What is the best recommendation for versioning rasa models? Currently I push the model directly to my git repository. But the problem is over time the git repository size increases with multiple model versions from different branches.

I found out that we can use DVC to version large files. It has also support to connect to aws s3. is there any resources / recommendations in model versioning best practices with respect to rasa projects?

I am looking forward to a solution where we can easily revert back the model in production in case we face any issues with the newly deployed model.

regarding models, treat them as artifacts, There is a metadata.json within the model tar which contains all information about the model, you can use that json as a meta to keep track.

Besides versioning in s3 is simply tracked by the model timestamp or any unique attribute you want to use. for us we have a unique training ID which i use as s3 object and place the model underneath that object. the path looks something like this - training-ID-agent-ID/language/model.tar.gz and i save the training data separately as well. just to bring a model back and verify on which data it has been trained.


Iā€™d recommend synchronizing your local models folder with S3 at the end of the training session and using the model from S3 as a build artifact. You can use the below commands to do so with the AWS CLI in a script as part of your CI/CD (I have it set up as a step in my GitHub Actions, for example)

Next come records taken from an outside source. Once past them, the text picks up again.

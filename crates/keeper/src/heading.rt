// What rows are filed under.
ghost use Rattle.std.specs.Prelude.{◌≡◌, ◌≤◌, [], length, Some, refl};
ghost use Rattle.std.specs.Ordering.{nat_cmp, eq_by_cmp};
ghost use Rattle.std.specs.Cmp.{partial_equiv_from_equiv};
ghost use Rattle.std.specs.Cmp.Lexicographic.{slice_cmp};
ghost use Rattle.keeper.specs.Headings.{heading, heading_cmp, heading_total, heading_equiv, heading_po, desk_of, holder_of, key_of};

use crate::{Row, Table};
use holder_reference::{Holder, Reference};
use std::cmp::Ordering;
use std::marker::Model;

/// A table, a desk, and a name under them: none, a holder, or a reference.
#[derive(Debug, Drop)]
pub(crate) struct Heading {
    // the table's number
    kind: u8,
    desk: u32,
    // the name, with zeros behind it
    bytes: [u8; 16],
    len: usize,
}

impl Model for Heading {
    ghost use Rattle.std.specs.Prelude.{◌≡◌, ◌≤◌, take, length};
    ghost use Rattle.keeper.specs.Headings.{Heading as Seen};

    ghost Value = { Seen };

    ghost view = { λ h. record { kind = h.kind; desk = h.desk; bytes = take h.len h.bytes } };

    ghost invariant = { λ h. (h.len ≤ 16) × (length h.bytes ≡ 16) };
}

impl Heading {
    fn under(table: Table, desk: u32, name: &[u8]) -> Heading
        requires { length name.now ≤ 16 }
        ensures { result ≡ heading table desk name.now }
    {
        let mut bytes = [0u8; 16];
        bytes[..name.len()].copy_from_slice(name);
        Heading {
            kind: table.number(),
            desk,
            bytes,
            len: name.len(),
        }
    }

    fn name(&self) -> &[u8]
        ensures { result.now ≡ self.now.bytes }
    {
        &self.bytes[..self.len]
    }

    pub(crate) fn at_desk(table: Table, desk: u32) -> Heading
        ensures { result ≡ heading table desk [] }
    {
        Heading::under(table, desk, &[])
    }

    pub(crate) fn at_holder(table: Table, desk: u32, holder: &Holder) -> Heading
        ensures { result ≡ heading table desk holder.now }
    {
        Heading::under(table, desk, holder.as_slice())
    }

    pub(crate) fn at_row(table: Table, desk: u32, reference: &Reference) -> Heading
        ensures { result ≡ heading table desk reference.now }
    {
        Heading::under(table, desk, reference.as_slice())
    }

    pub(crate) fn desk_of(row: &Row) -> Heading
        ensures { result ≡ desk_of row.now }
    {
        Heading::at_desk(row.part.table(), row.desk)
    }

    pub(crate) fn holder_of(row: &Row) -> Heading
        ensures { result ≡ holder_of row.now }
    {
        Heading::at_holder(row.part.table(), row.desk, &row.reference.holder())
    }

    pub(crate) fn key_of(row: &Row) -> Heading
        ensures { result ≡ key_of row.now }
    {
        Heading::at_row(row.part.table(), row.desk, &row.reference)
    }
}

fn compare_bytes(a: &[u8], b: &[u8]) -> Ordering
    ensures { result ≡ slice_cmp nat_cmp a.now b.now }
{
    a.cmp(b)
}

impl PartialEq for Heading {
    ghost eq = { eq_by_cmp heading_cmp };

    ghost laws = { partial_equiv_from_equiv heading_equiv };

    fn eq(&self, other: &Heading) -> bool {
        self.cmp(other).is_eq()
    }
}

impl Eq for Heading {
    ghost laws = { heading_equiv };
}

impl PartialOrd for Heading {
    ghost partial_cmp = { λ a b. Some (heading_cmp a b) };

    ghost laws = { heading_po };

    fn partial_cmp(&self, other: &Heading) -> Option<Ordering> {
        Some(self.cmp(other))
    }
}

impl Ord for Heading {
    ghost cmp = { heading_cmp };

    ghost total = { heading_total };

    ghost matches_partial_cmp = { λ a b. refl };

    ghost matches_eq = { λ a b. refl };

    fn cmp(&self, other: &Heading) -> Ordering {
        let tables = self.kind.cmp(&other.kind);
        let desks = self.desk.cmp(&other.desk);
        tables
            .then(desks)
            .then(compare_bytes(self.name(), other.name()))
    }
}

aws s3 sync ./models s3://rasa-artifacts/models --exclude .gitkeep
aws s3 sync ./logs s3://rasa-artifacts/logs --exclude .gitkeep # this is for testing logs

Although what @souvikg10 mentioned as a naming convention I think would also be a good idea, since you might have different types of models for different purposes. You may also want to consider naming the model something special during training with the --fixed-model-name CLI option during training time. A timestamp and the model id is a good place to start.